[Date Prev][Date Next] [Chronological] [Thread] [Top]

Re: Continued instability on Solaris 7



At 09:27 AM 2002-08-05, Alan Sparks wrote:
>Didn't receive any response to earlier postings, so one last try to see if
>anyone else is having problems (or success!) on Solaris 7 with OpenLDAP
>2.1.3.

Haven't a clue about Solaris (SunOS 5.x), but I'll make a few
general comments.

>I've upgraded to ENG_RELEASE_2_1 as of about a week ago,

We've made a number of updates to re21 since then...

>and made sure I
>build with BDB 4.0.14 statically linked.  Built with GCC 2.95.2.

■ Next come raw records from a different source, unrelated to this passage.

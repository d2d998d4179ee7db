//! Which of several tickets, confirms and consumers has something.

use crate::driver::{heard, sent};
use lapin_loop::{Awaited, Watch, is_ready};
use lapin_session::{Channel, Consumer, Published, Session};
use lapin_types::{
    BasicConsumeOptions, BasicProperties, BasicPublishOptions, ConfirmSelectOptions, Error,
    FieldTable, ShortString,
};
use std::alloc::Global;
use std::process::Abort;
use std::test::Fail;

fn published(alloc: Global, session: &mut Session) -> Result<Published, Error> {
    let exchange = ShortString::empty(alloc)?;
    let key = ShortString::literal(alloc, "q")?;
    Channel { id: 1 }.basic_publish(
        alloc,
        session,
        exchange,
        key,
        BasicPublishOptions::default(),
        b"hi",
        BasicProperties::default(),
    )
}

// A letter for what is ready next: t and the ticket, c and the confirm, m and the consumer, or a dash.
fn next(watch: &mut Watch, session: &Session) -> (char, u64) {
    match watch.next_ready(session) {
        Some(Awaited::Ticket(ticket)) => ('t', ticket.number),
        Some(Awaited::Confirm(confirm)) => ('c', confirm.number),
        Some(Awaited::Consumer(consumer)) => ('m', consumer.number),
        None => ('-', 0),
    }
}

// Whether that is ready next.
fn is_next(watch: &mut Watch, session: &Session, letter: char, number: u64) -> bool {
    let (found, of) = next(watch, session);
    found == letter && of == number
}

fn watch_publishes(alloc: Global, session: &mut Session, watch: &mut Watch) -> Result<(), Error> {
    for _ in 0..3 {
        let published = published(alloc, session)?;
        watch.add(Awaited::Confirm(published.confirm))?;
    }
    Ok(())
}

fn tickets_are_told<R: Abort>(
    rt: &R,
    alloc: Global,
    session: &mut Session,
    watch: &mut Watch,
) -> Result<(), Error> {
    watch.add(Awaited::Ticket(session.open_channel(alloc, 1)?))?;
    assert!(rt; is_next(watch, session, '-', 0));
    sent(alloc, session)?;
    heard(alloc, session, "method 1 channel.open-ok")?;
    assert!(rt; is_next(watch, session, 't', 1));
    assert!(rt; is_next(watch, session, '-', 0));
    let options = ConfirmSelectOptions { nowait: true };
    let select = Channel { id: 1 }.confirm_select(alloc, session, options)?;
    watch.add(Awaited::Ticket(select))?;
    watch_publishes(alloc, session, watch)?;
    sent(alloc, session)?;
    assert!(rt; is_next(watch, session, 't', 2));
    assert!(rt; is_next(watch, session, '-', 0));
    Ok(())
}

fn confirms_are_told<R: Abort>(
    rt: &R,
    alloc: Global,
    session: &mut Session,
    watch: &mut Watch,
) -> Result<(), Error> {
    heard(alloc, session, "method 1 basic.ack 2 0")?;
    assert!(rt; is_next(watch, session, 'c', 2));
    assert!(rt; is_next(watch, session, '-', 0));
    heard(alloc, session, "method 1 basic.nack 3 1 0")?;
    assert!(rt; is_next(watch, session, 'c', 1));
    assert!(rt; is_next(watch, session, 'c', 3));
    assert!(rt; is_next(watch, session, '-', 0));
    Ok(())
}

#[test]
fn each_is_told_once(rt: HostRuntime) -> Result<(), Fail> {
    let mut session = Session::new(rt.alloc(), 4096)?;
    let mut watch = Watch::new(rt.alloc());
    tickets_are_told(&rt, rt.alloc(), &mut session, &mut watch)?;
    confirms_are_told(&rt, rt.alloc(), &mut session, &mut watch)?;
    Ok(())
}

// The first consumer of the session, which takes the tag `t`.
const CONSUMER: Consumer = Consumer { number: 1 };

fn consumed(alloc: Global, session: &mut Session) -> Result<(), Error> {
    let queue = ShortString::literal(alloc, "q")?;
    let tag = ShortString::literal(alloc, "t")?;
    let options = BasicConsumeOptions::default();
    let arguments = FieldTable::new(alloc);
    Channel { id: 1 }.basic_consume(alloc, session, queue, tag, options, arguments)?;
    heard(alloc, session, "method 1 basic.consume-ok x74")
}

// A consumer that isn't there has something, its error; one that has nothing yet is waited for.
fn is_watched<R: Abort>(
    rt: &R,
    alloc: Global,
    session: &mut Session,
    watch: &mut Watch,
) -> Result<(), Error> {
    session.open_channel(alloc, 1)?;
    heard(alloc, session, "method 1 channel.open-ok")?;
    assert!(rt; is_ready(&Awaited::Consumer(CONSUMER), session));
    consumed(alloc, session)?;
    watch.add(Awaited::Consumer(CONSUMER))?;
    assert!(rt; !is_ready(&Awaited::Consumer(CONSUMER), session));
    assert!(rt; is_next(watch, session, '-', 0));
    Ok(())
}

fn is_told_again<R: Abort>(
    rt: &R,
    alloc: Global,
    session: &mut Session,
    watch: &mut Watch,
) -> Result<(), Error> {
    heard(alloc, session, "method 1 basic.deliver x74 1 0 x x71")?;
    heard(alloc, session, "header 1 60 0 []")?;
    assert!(rt; is_next(watch, session, 'm', 1));
    assert!(rt; is_next(watch, session, '-', 0));
    drop(CONSUMER.poll_next(session)?);
    watch.add(Awaited::Consumer(CONSUMER))?;
    assert!(rt; is_next(watch, session, '-', 0));
    heard(alloc, session, "method 1 basic.cancel x74 0")?;
    assert!(rt; is_next(watch, session, 'm', 1));
    Ok(())
}

// A consumer that was told is waited for again once it has nothing more; its end is told too.
#[test]
fn a_consumer_has_something(rt: HostRuntime) -> Result<(), Fail> {
    let mut session = Session::new(rt.alloc(), 4096)?;
    let mut watch = Watch::new(rt.alloc());
    is_watched(&rt, rt.alloc(), &mut session, &mut watch)?;
    is_told_again(&rt, rt.alloc(), &mut session, &mut watch)?;
    Ok(())
}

You might want to very BDB is working properly.  Sleepycat
includes a test suite as part of the BerkeleyDB distribution.
With GCC, use "-O -g" (e.g., no -O2 or greater).

>Replication stops on random occasions, either after a couple of days or a
>couple of hours.  The master (very lightly loaded) shows entries written
>to the replog, and the slurpd.status log shows entries also picked up.
>
>Unfortunately, nothing updates in the slave (same software build). 

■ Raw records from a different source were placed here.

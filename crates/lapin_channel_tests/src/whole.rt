//! A whole run: the events of an input go to `run_session`, and the records that it leaves are printed.

use lapin_session::run_session;
use lapin_text::{parse_events, print_records};
use lapin_types::Error;
use std::alloc::Global;
use std::test::Fail;

const INPUT: &str = "frame_max 4096
call 1 channel.open
next 1
recv method 1 channel.open-ok
ticket 1
next 1
state 1
";

const TEXT: &str = "ticket 1
frame method 1 channel.open
received
answer channel 1
noframe
state open open
";

// The text of the records that a run appends to those that are there.
fn printed(alloc: Global, input: &str) -> Result<String, Error> {
    let parsed = parse_events(alloc, input.as_bytes())?;
    let mut trace = Vec::new(alloc);
    let frame_max = match parsed.frame_max {
        Some(frame_max) if 4096 <= frame_max => frame_max,
        _ => 4096,
    };
    run_session(alloc, frame_max, parsed.events, &mut trace)?;
    match String::from_utf8(print_records(alloc, &trace)?) {
        Ok(text) => Ok(text),
        Err(_) => Err(Error::UnknownTicket),
    }
}

#[test]
fn a_run_leaves_a_record_an_event(rt: HostRuntime) -> Result<(), Fail> {
    let text = printed(rt.alloc(), INPUT)?;
    assert_eq!(rt; text.as_str(), TEXT);
    Ok(())
}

What do the slave's logs say is happening?

>Sending a SIGTERM to the slave slapd causes it to stop responding and
>suddenly begin consuming 80% of CPU, until sent a SIGKILL.

It's likely trying hard to complete an update.  The SIGKILL,
of course, causes it to drop the update on the floor.

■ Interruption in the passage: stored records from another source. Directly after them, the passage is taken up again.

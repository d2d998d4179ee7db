//! A script of each kind of event, whose every growth may be refused: after each want of memory the session gives the same states and
//! has the same ready as before the step, and the step then gives its record all the same.
//!
//! By itself the test makes the script with ample memory. `bench/refused_memory.py` runs it once for each growth, which is refused.

mod lines;
mod script_all;
mod seen;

>Restarting it afterwards gets back to normal replication (for a while).  I have yet to
>find something in the log indicating the issue.

>I've rebuilt and reindexed the databases (LDBM backend) to no avail.  Is
>the BDB backend considered better for these purposes?  I'm using LDBM
>since it's older (and I hoped more mature) than the bdb backend...

We'll still shaking out BDB.  It works well enough for general
use, but it's not "stable" yet.

>Does anyone have any insight into why this might happen?  The instability
>is really causing havoc on my network, since I can't depend on whether
>changes get written.  Thanks in advance for any advice.